- _Your objective_
Extract all data as written.

(Dataset entries)
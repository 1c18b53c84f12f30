// One damage each: the file is refused.
use super::*;

// What is damaged, and the bytes for that.
type Damage = (&'static str, &'static [Change]);

// Of the file behind the first lines.
const OF_SHORT_FILE: &[Damage] = &[
    (
        "a form of another name",
        &[
            (Header(2), b'F'),
            (Header(3), b'L'),
            (Header(4), b'A'),
            (Header(5), b'T'),
            (Header(6), b'0'),
        ],
    ),
    ("a page more than the file has", &[(Header(8), 8)]),
    ("a page fewer than the store has", &[(Header(8), 3)]),
    ("a journal past the end", &[(At(0), 1), (At(10), 1)]),
    ("an entry for page 0", &[(At(0), 1), (At(4_096), 0)]),
    ("two entries for one page", &[(At(0), 1), (At(5_128), 1)]),
    ("a free slot that names itself", &[(Slot(16, 4), 16)]),
    ("free slots in a ring", &[(Slot(16, 4), 15)]),
    ("a last free slot in no chain", &[(Slot(15, 4), 0)]),
    ("a first free slot in no chain", &[(Header(28), 16)]),
    (
        "a visit behind that of another page",
        &[(Slot(13, 32), 10), (Slot(14, 24), 10)],
    ),
    (
        "the same, which names that one before it",
        &[(Slot(13, 32), 10), (Slot(14, 24), 10), (Slot(10, 20), 14)],
    ),
    (
        "a visit as the only one of another page",
        &[(Slot(13, 28), 10), (Slot(13, 32), 10)],
    ),
    ("a last child before the end", &[(Slot(1, 32), 5)]),
    ("a frecency that is one more", &[(Slot(9, 64), 26)]),
    ("a frecency that is one less", &[(Slot(9, 64), 24)]),
    (
        "a frecency and the total that are one more",
        &[(Slot(9, 64), 26), (Slot(7, 24), 26)],
    ),
    ("a count that is one more", &[(Slot(9, 72), 2)]),
    ("a count that is one less", &[(Slot(9, 72), 0)]),
    ("a page that is not hidden", &[(Slot(9, 1), 1)]),
    ("a page that is hidden", &[(Slot(13, 1), 2)]),
    ("a total that is one more", &[(Slot(7, 24), 26)]),
    ("a total that is one less", &[(Slot(7, 24), 24)]),
    ("a live slot more", &[(Header(64), 15)]),
    ("a live slot less", &[(Header(64), 13)]),
    ("byte 2 of an item", &[(Slot(1, 2), 1)]),
    ("byte 2 of an origin", &[(Slot(7, 2), 1)]),
    ("byte 2 of a text", &[(Slot(8, 2), 1)]),
    ("byte 2 of a page", &[(Slot(9, 2), 1)]),
    ("byte 2 of a visit", &[(Slot(10, 2), 1)]),
    ("byte 2 of a free slot", &[(Slot(15, 2), 1)]),
];

// Of the file behind all lines.
const OF_LONGER_FILE: &[Damage] = &[
    (
        "visits with the earliest first",
        &[
            (Slot(9, 28), 10),
            (Slot(9, 32), 15),
            (Slot(10, 20), 0),
            (Slot(10, 24), 15),
            (Slot(15, 20), 10),
            (Slot(15, 24), 0),
        ],
    ),
    (
        "an item that is its own parent",
        &[
            (Slot(2, 28), 0),
            (Slot(2, 32), 0),
            (Slot(27, 16), 27),
            (Slot(27, 28), 27),
            (Slot(27, 32), 27),
        ],
    ),
    // The entry goes behind the folder in item 2.
    (
        "a tag without an entry",
        &[
            (Slot(24, 28), 0),
            (Slot(24, 32), 0),
            (Slot(25, 16), 2),
            (Slot(25, 20), 27),
            (Slot(27, 24), 25),
            (Slot(2, 32), 25),
        ],
    ),
    // The last byte of the URL of page 3 goes, which is then that of page 1.
    (
        "two pages of one URL",
        &[(Slot(16, 1), 18), (Slot(16, 26), 0), (Slot(17, 48), 18)],
    ),
    (
        "two origins of one prefix and host",
        &[(Slot(20, 16), b'a')],
    ),
];

fn expect_damaged(
    rt: &impl Abort,
    alloc: Global,
    file: &[u8],
    damages: &[Damage],
) -> Result<(), Fail> {
    for (what, changes) in damages {
        let bytes = changed(alloc, file, changes)?;
        assert!(rt; bytes.as_slice() != file, "{what}: no other file");
        expect_refused(rt, alloc, what, &bytes)?;
    }
    Ok(())
}

// What is cut, the length that is left, and the bytes that are changed then.
const CUT: &[(&str, usize, &[Change])] = &[
    ("a byte less than a page", 1_023, &[]),
    ("page 0 alone", 1_024, &[]),
    ("a byte less than the store", 4_095, &[]),
    ("a page more than is left", 4_096, &[(Header(8), 5)]),
];

#[test]
fn cut_files_are_refused(rt: HostRuntime) -> Result<(), Fail> {
    let alloc = rt.alloc();
    let short = short_file(alloc)?;
    for (what, length, changes) in CUT {
        let mut bytes = changed(alloc, short.bytes(), changes)?;
        bytes.truncate(*length);
        expect_refused(&rt, alloc, what, &bytes)?;
    }
    Ok(())
}

#[test]
fn damaged_files_are_refused(rt: HostRuntime) -> Result<(), Fail> {
    let alloc = rt.alloc();
    let short = short_file(alloc)?;
    expect_opened(&rt, alloc, "the file", short.bytes(), OF_SHORT)?;
    expect_damaged(&rt, alloc, short.bytes(), OF_SHORT_FILE)
}

#[test]
fn damaged_files_of_more_rows_are_refused(rt: HostRuntime) -> Result<(), Fail> {
    let alloc = rt.alloc();
    let longer = longer_file(alloc)?;
    expect_opened(&rt, alloc, "the file", longer.bytes(), OF_MORE)?;
    expect_damaged(&rt, alloc, longer.bytes(), OF_LONGER_FILE)
}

- _Task output_
repository 1c18b53c84f12f30
// One damage each: the file is refused.
use super::*;

// What is damaged, and the bytes for that.
type Damage = (&'static str, &'static [Change]);

// Of the file behind the first lines.
const OF_SHORT_FILE: &[Damage] = &[
    (
        "a form of another name",
        &[
            (Header(2), b'F'),
            (Header(3), b'L'),
            (Header(4), b'A'),
            (Header(5), b'T'),
            (Header(6), b'0'),
        ],
    ),
    ("a page more than the file has", &[(Header(8), 8)]),
    ("a page fewer than the store has", &[(Header(8), 3)]),
    ("a journal past the end", &[(At(0), 1), (At(10), 1)]),
    ("an entry for page 0", &[(At(0), 1), (At(4_096), 0)]),
    ("two entries for one page", &[(At(0), 1), (At(5_128), 1)]),
    ("a free slot that names itself", &[(Slot(16, 4), 16)]),
    ("free slots in a ring", &[(Slot(16, 4), 15)]),
    ("a last free slot in no chain", &[(Slot(15, 4), 0)]),
    ("a first free slot in no chain", &[(Header(28), 16)]),
    (
        "a visit behind that of another page",
        &[(Slot(13, 32), 10), (Slot(14, 24), 10)],
    ),
    (
        "the same, which names that one before it",
        &[(Slot(13, 32), 10), (Slot(14, 24), 10), (Slot(10, 20), 14)],
    ),
    (
        "a visit as the only one of another page",
        &[(Slot(13, 28), 10), (Slot(13, 32), 10)],
    ),
    ("a last child before the end", &[(Slot(1, 32), 5)]),
    ("a frecency that is one more", &[(Slot(9, 64), 26)]),
    ("a frecency that is one less", &[(Slot(9, 64), 24)]),
    (
        "a frecency and the total that are one more",
        &[(Slot(9, 64), 26), (Slot(7, 24), 26)],
    ),
    ("a count that is one more", &[(Slot(9, 72), 2)]),
    ("a count that is one less", &[(Slot(9, 72), 0)]),
    ("a page that is not hidden", &[(Slot(9, 1), 1)]),
    ("a page that is hidden", &[(Slot(13, 1), 2)]),
    ("a total that is one more", &[(Slot(7, 24), 26)]),
    ("a total that is one less", &[(Slot(7, 24), 24)]),
    ("a live slot more", &[(Header(64), 15)]),
    ("a live slot less", &[(Header(64), 13)]),
    ("byte 2 of an item", &[(Slot(1, 2), 1)]),
    ("byte 2 of an origin", &[(Slot(7, 2), 1)]),
    ("byte 2 of a text", &[(Slot(8, 2), 1)]),
    ("byte 2 of a page", &[(Slot(9, 2), 1)]),
    ("byte 2 of a visit", &[(Slot(10, 2), 1)]),
    ("byte 2 of a free slot", &[(Slot(15, 2), 1)]),
];

// Of the file behind all lines.
const OF_LONGER_FILE: &[Damage] = &[
    (
        "visits with the earliest first",
        &[
            (Slot(9, 28), 10),
            (Slot(9, 32), 15),
            (Slot(10, 20), 0),
            (Slot(10, 24), 15),
            (Slot(15, 20), 10),
            (Slot(15, 24), 0),
        ],
    ),
    (
        "an item that is its own parent",
        &[
            (Slot(2, 28), 0),
            (Slot(2, 32), 0),
            (Slot(27, 16), 27),
            (Slot(27, 28), 27),
            (Slot(27, 32), 27),
        ],
    ),
    // The entry goes behind the folder in item 2.
    (
        "a tag without an entry",
        &[
            (Slot(24, 28), 0),
            (Slot(24, 32), 0),
            (Slot(25, 16), 2),
            (Slot(25, 20), 27),
            (Slot(27, 24), 25),
            (Slot(2, 32), 25),
        ],
    ),
    // The last byte of the URL of page 3 goes, which is then that of page 1.
    (
        "two pages of one URL",
        &[(Slot(16, 1), 18), (Slot(16, 26), 0), (Slot(17, 48), 18)],
    ),
    (
        "two origins of one prefix and host",
        &[(Slot(20, 16), b'a')],
    ),
];

fn expect_damaged(
    rt: &impl Abort,
    alloc: Global,
    file: &[u8],
    damages: &[Damage],
) -> Result<(), Fail> {
    for (what, changes) in damages {
        let bytes = changed(alloc, file, changes)?;
        assert!(rt; bytes.as_slice() != file, "{what}: no other file");
        expect_refused(rt, alloc, what, &bytes)?;
    }
    Ok(())
}

// What is cut, the length that is left, and the bytes that are changed then.
const CUT: &[(&str, usize, &[Change])] = &[
    ("a byte less than a page", 1_023, &[]),
    ("page 0 alone", 1_024, &[]),
    ("a byte less than the store", 4_095, &[]),
    ("a page more than is left", 4_096, &[(Header(8), 5)]),
];

#[test]
fn cut_files_are_refused(rt: HostRuntime) -> Result<(), Fail> {
    let alloc = rt.alloc();
    let short = short_file(alloc)?;
    for (what, length, changes) in CUT {
        let mut bytes = changed(alloc, short.bytes(), changes)?;
        bytes.truncate(*length);
        expect_refused(&rt, alloc, what, &bytes)?;
    }
    Ok(())
}

#[test]
fn damaged_files_are_refused(rt: HostRuntime) -> Result<(), Fail> {
    let alloc = rt.alloc();
    let short = short_file(alloc)?;
    expect_opened(&rt, alloc, "the file", short.bytes(), OF_SHORT)?;
    expect_damaged(&rt, alloc, short.bytes(), OF_SHORT_FILE)
}

#[test]
fn damaged_files_of_more_rows_are_refused(rt: HostRuntime) -> Result<(), Fail> {
    let alloc = rt.alloc();
    let longer = longer_file(alloc)?;
    expect_opened(&rt, alloc, "the file", longer.bytes(), OF_MORE)?;
    expect_damaged(&rt, alloc, longer.bytes(), OF_LONGER_FILE)
}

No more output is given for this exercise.